*Your objective:*
Return each line, exactly as given, from the one containing "let mut from = disk.content(Which::Data);" through the end of the entries below, and skip the rest.

----------

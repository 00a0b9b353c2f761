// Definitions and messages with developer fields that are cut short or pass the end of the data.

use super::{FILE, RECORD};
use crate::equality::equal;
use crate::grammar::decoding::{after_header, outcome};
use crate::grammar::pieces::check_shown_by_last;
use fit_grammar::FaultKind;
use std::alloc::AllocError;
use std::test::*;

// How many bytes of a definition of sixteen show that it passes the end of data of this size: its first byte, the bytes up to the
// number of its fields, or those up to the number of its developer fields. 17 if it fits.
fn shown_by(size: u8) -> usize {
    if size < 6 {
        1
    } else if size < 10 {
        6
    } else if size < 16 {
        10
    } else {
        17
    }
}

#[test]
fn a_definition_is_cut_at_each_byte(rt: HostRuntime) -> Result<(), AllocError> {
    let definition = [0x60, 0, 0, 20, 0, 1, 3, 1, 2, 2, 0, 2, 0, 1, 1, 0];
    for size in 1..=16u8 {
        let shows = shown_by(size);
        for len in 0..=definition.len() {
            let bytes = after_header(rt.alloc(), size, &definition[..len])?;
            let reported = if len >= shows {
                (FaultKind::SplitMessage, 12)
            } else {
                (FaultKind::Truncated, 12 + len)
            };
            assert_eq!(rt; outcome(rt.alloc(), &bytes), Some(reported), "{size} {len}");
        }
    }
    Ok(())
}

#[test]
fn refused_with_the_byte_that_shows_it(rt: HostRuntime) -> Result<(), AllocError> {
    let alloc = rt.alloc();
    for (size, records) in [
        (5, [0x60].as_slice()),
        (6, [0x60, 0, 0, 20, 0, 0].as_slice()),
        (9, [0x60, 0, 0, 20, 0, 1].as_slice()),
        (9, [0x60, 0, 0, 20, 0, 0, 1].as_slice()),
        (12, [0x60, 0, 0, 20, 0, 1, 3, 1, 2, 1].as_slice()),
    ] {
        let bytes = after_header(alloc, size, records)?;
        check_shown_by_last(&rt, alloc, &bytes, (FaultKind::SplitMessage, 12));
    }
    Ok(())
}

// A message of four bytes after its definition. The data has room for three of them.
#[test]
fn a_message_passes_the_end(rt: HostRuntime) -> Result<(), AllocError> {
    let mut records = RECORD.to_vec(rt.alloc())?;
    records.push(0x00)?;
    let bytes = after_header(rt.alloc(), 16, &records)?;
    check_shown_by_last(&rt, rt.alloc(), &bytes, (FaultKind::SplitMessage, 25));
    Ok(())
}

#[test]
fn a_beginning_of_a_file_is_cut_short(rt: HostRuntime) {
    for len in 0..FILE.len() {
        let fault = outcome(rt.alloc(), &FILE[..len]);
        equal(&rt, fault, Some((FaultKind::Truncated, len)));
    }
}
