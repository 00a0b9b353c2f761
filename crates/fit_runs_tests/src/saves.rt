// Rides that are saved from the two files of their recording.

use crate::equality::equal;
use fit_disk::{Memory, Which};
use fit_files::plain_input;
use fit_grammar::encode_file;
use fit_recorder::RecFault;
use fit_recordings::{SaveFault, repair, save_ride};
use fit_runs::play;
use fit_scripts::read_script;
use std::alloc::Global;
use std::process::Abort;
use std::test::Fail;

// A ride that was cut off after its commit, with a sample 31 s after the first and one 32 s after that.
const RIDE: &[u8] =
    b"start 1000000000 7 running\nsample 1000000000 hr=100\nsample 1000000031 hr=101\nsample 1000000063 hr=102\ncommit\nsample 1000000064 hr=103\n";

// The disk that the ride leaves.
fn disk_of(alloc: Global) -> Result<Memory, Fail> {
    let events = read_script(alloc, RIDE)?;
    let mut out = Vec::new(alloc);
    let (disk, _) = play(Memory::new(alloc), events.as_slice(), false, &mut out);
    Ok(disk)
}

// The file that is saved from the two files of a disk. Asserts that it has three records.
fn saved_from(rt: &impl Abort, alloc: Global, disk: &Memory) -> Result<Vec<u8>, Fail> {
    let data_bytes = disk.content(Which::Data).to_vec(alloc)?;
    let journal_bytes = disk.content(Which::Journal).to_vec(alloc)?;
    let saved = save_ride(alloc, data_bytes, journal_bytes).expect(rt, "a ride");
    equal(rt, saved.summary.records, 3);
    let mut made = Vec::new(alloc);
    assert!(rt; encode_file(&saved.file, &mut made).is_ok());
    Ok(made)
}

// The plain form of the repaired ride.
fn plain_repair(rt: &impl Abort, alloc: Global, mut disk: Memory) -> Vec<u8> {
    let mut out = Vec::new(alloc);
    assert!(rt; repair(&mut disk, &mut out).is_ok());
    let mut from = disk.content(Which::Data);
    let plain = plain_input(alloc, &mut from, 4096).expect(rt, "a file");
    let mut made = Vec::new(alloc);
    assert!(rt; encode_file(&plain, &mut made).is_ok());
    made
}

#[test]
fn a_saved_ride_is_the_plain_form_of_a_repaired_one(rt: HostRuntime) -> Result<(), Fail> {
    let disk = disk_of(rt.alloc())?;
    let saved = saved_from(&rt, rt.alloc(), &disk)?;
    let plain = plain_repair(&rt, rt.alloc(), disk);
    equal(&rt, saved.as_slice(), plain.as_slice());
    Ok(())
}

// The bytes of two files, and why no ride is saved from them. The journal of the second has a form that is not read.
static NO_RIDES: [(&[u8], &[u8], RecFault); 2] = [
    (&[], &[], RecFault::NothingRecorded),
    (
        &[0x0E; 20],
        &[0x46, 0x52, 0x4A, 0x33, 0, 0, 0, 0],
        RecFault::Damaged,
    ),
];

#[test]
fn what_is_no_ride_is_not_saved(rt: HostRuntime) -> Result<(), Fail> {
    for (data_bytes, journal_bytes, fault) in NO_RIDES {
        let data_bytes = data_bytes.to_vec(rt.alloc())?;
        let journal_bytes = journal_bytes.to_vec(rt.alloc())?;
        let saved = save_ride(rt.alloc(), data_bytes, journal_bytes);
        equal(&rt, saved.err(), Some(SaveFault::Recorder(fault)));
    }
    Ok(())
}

----------

*Solution to this problem:*
    let mut from = disk.content(Which::Data);
    let plain = plain_input(alloc, &mut from, 4096).expect(rt, "a file");
    let mut made = Vec::new(alloc);
    assert!(rt; encode_file(&plain, &mut made).is_ok());
    made
}

#[test]
fn a_saved_ride_is_the_plain_form_of_a_repaired_one(rt: HostRuntime) -> Result<(), Fail> {
    let disk = disk_of(rt.alloc())?;
    let saved = saved_from(&rt, rt.alloc(), &disk)?;
    let plain = plain_repair(&rt, rt.alloc(), disk);
    equal(&rt, saved.as_slice(), plain.as_slice());
    Ok(())
}

// The bytes of two files, and why no ride is saved from them. The journal of the second has a form that is not read.
static NO_RIDES: [(&[u8], &[u8], RecFault); 2] = [
    (&[], &[], RecFault::NothingRecorded),
    (
        &[0x0E; 20],
        &[0x46, 0x52, 0x4A, 0x33, 0, 0, 0, 0],
        RecFault::Damaged,
    ),
];

#[test]
fn what_is_no_ride_is_not_saved(rt: HostRuntime) -> Result<(), Fail> {
    for (data_bytes, journal_bytes, fault) in NO_RIDES {
        let data_bytes = data_bytes.to_vec(rt.alloc())?;
        let journal_bytes = journal_bytes.to_vec(rt.alloc())?;
        let saved = save_ride(rt.alloc(), data_bytes, journal_bytes);
        equal(&rt, saved.err(), Some(SaveFault::Recorder(fault)));
    }
    Ok(())
}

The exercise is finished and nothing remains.